National Cyber Emergency Response Team (National CERT) of Pakistan or PKCERT
- Abbreviation: nCERT/PKCERT
- Formation: March 11, 2024
- Type: Government Agency
- Legal status: Active
- Purpose: Cybersecurity
- Location: L-Block, Pak Secretariat, Islamabad, Pakistan.;
- Region served: Pakistan
- Director General: Dr. Haider Abbas
- Parent organisation: Cabinet Division ()
- Website: PKCERT Website

= Pakistan Computer Emergency Response Team =

Pakistani cybersecurity body

National Cyber Emergency Response Team (National CERT) of Pakistan or PKCERT is a national initiative aimed at strengthening cyber security in Pakistan. PKCERT was established to counter the growing cyber threats and hacking attempts targeting various public sector entities.

==History==
The government of Pakistan announced the formation of the country's first National Cyber Emergency Response Team (CERT) on 11 March 2024. The development was aimed at keeping Pakistan's cyberspace safe from emerging threats and hacking attempts targeting public sector institutions.

The Federal Cabinet of Pakistan approved the Cyber Emergency Response Teams (CERTs) Rule 2023 on 17 July 2023. The Ministry of Information Technology and Telecommunication officially notified the CERT Rules on 13 October 2023.

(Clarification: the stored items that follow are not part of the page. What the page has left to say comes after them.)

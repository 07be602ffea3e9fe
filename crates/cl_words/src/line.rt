// The command line as a command of `clap`.
ghost use Rattle.std.specs.Prelude.{◌≡◌, false, IfOk};
ghost use Rattle.clap.specs.Words.{app_of, rule_of};
ghost use Rattle.cl_words.specs.CommandLine.{bound_rules, command_line, flag_rule, form_rules, number_rule, text_rule, with_rules, work_rules};
ghost use Rattle.cl_words.specs.Calls.Options.{option_of};

use crate::option::{ARRAY, BUDGET, DEPTH, FRAMES, JOBS, MAKE, NumberOption, STRING, UNWIND};
use clap::builder::ValueParser;
use clap::{Arg, ArgAction, Command};
use jv_base::Mem;
use std::alloc::Global;

/// `--NAME N`.
fn number_option<'a>(alloc: Global, option: NumberOption) -> Arg<'a>
    ensures rule { rule_of result ≡ number_rule (option_of option) }
    ensures local { result.global ≡ false }
{
    let argument = Arg::new(alloc, option.name).long(option.name).value_parser(
        ValueParser::Unsigned(u64::from(option.least), u64::from(option.most)),
    );
    match option.default {
        Some(text) => argument.default_value(text),
        None => argument,
    }
}

/// `--NAME`.
fn flag<'a>(alloc: Global, name: &'a str) -> Arg<'a>
    ensures rule { rule_of result ≡ flag_rule name.entry.now }
    ensures local { result.global ≡ false }
{
    Arg::new(alloc, name).long(name).action(ArgAction::SetTrue)
}

/// `--NAME TEXT`.
fn text_option<'a>(alloc: Global, name: &'a str) -> Arg<'a>
    ensures rule { rule_of result ≡ text_rule name.entry.now }
    ensures local { result.global ≡ false }
{
    Arg::new(alloc, name).long(name)
}

/// The command with the bounds.
fn with_bounds<'a>(alloc: Global, command: Command<'a>) -> Mem<Command<'a>>
    ensures { IfOk result (λ r. app_of r ≡ with_rules (app_of command.entry) bound_rules) }
{
    command
        .arg(number_option(alloc, UNWIND))?
        .arg(number_option(alloc, FRAMES))?
        .arg(number_option(alloc, DEPTH))?
        .arg(number_option(alloc, STRING))?
        .arg(number_option(alloc, ARRAY))
}

/// The command with the other options with a number.
fn with_work<'a>(alloc: Global, command: Command<'a>) -> Mem<Command<'a>>
    ensures { IfOk result (λ r. app_of r ≡ with_rules (app_of command.entry) work_rules) }
{
    command
        .arg(number_option(alloc, BUDGET))?
        .arg(number_option(alloc, JOBS))?
        .arg(number_option(alloc, MAKE))
}

/// The command with the flags, the texts and the positionals.
fn with_forms<'a>(alloc: Global, command: Command<'a>) -> Mem<Command<'a>>
    ensures { IfOk result (λ r. app_of r ≡ with_rules (app_of command.entry) form_rules) }
{
    command
        .arg(flag(alloc, "trace"))?
        .arg(flag(alloc, "list"))?
        .arg(text_option(alloc, "replay"))?
        .arg(text_option(alloc, "site"))?
        .arg(Arg::new(alloc, "DIR"))?
        .arg(Arg::new(alloc, "ENTRY"))
}

/// The command line, for words without the program's name.
pub(crate) fn command_line<'a>(alloc: Global) -> Mem<Command<'a>>
    ensures { IfOk result (λ r. app_of r ≡ command_line) }
{
    let command = Command::new(alloc, "jbmc")
        .no_binary_name(true)
        .disable_help_flag(true);
    with_forms(alloc, with_work(alloc, with_bounds(alloc, command)?)?)
}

==Role and responsibilities==
The primary objective of CERT teams at both the national and sectoral levels is to enhance Pakistan's overall cyber security posture and resilience. CERTs are responsible for protecting against, detecting and responding to cyber security incidents, and will enhance the country's capacity to manage cyber security incidents. The recently established CERT team is assigned to create a national framework that will manage responses to threats, assaults on vital infrastructure, information systems, data, or extensive breaches of information systems throughout Pakistan.

==Founding Director General / Head of Pakistan's CERT ==
Dr. Haider Abbas, an eminent professor from the National University of Sciences and Technology, has been designated as the founding Director General of Pakistan's National Cyber Emergency Response Team.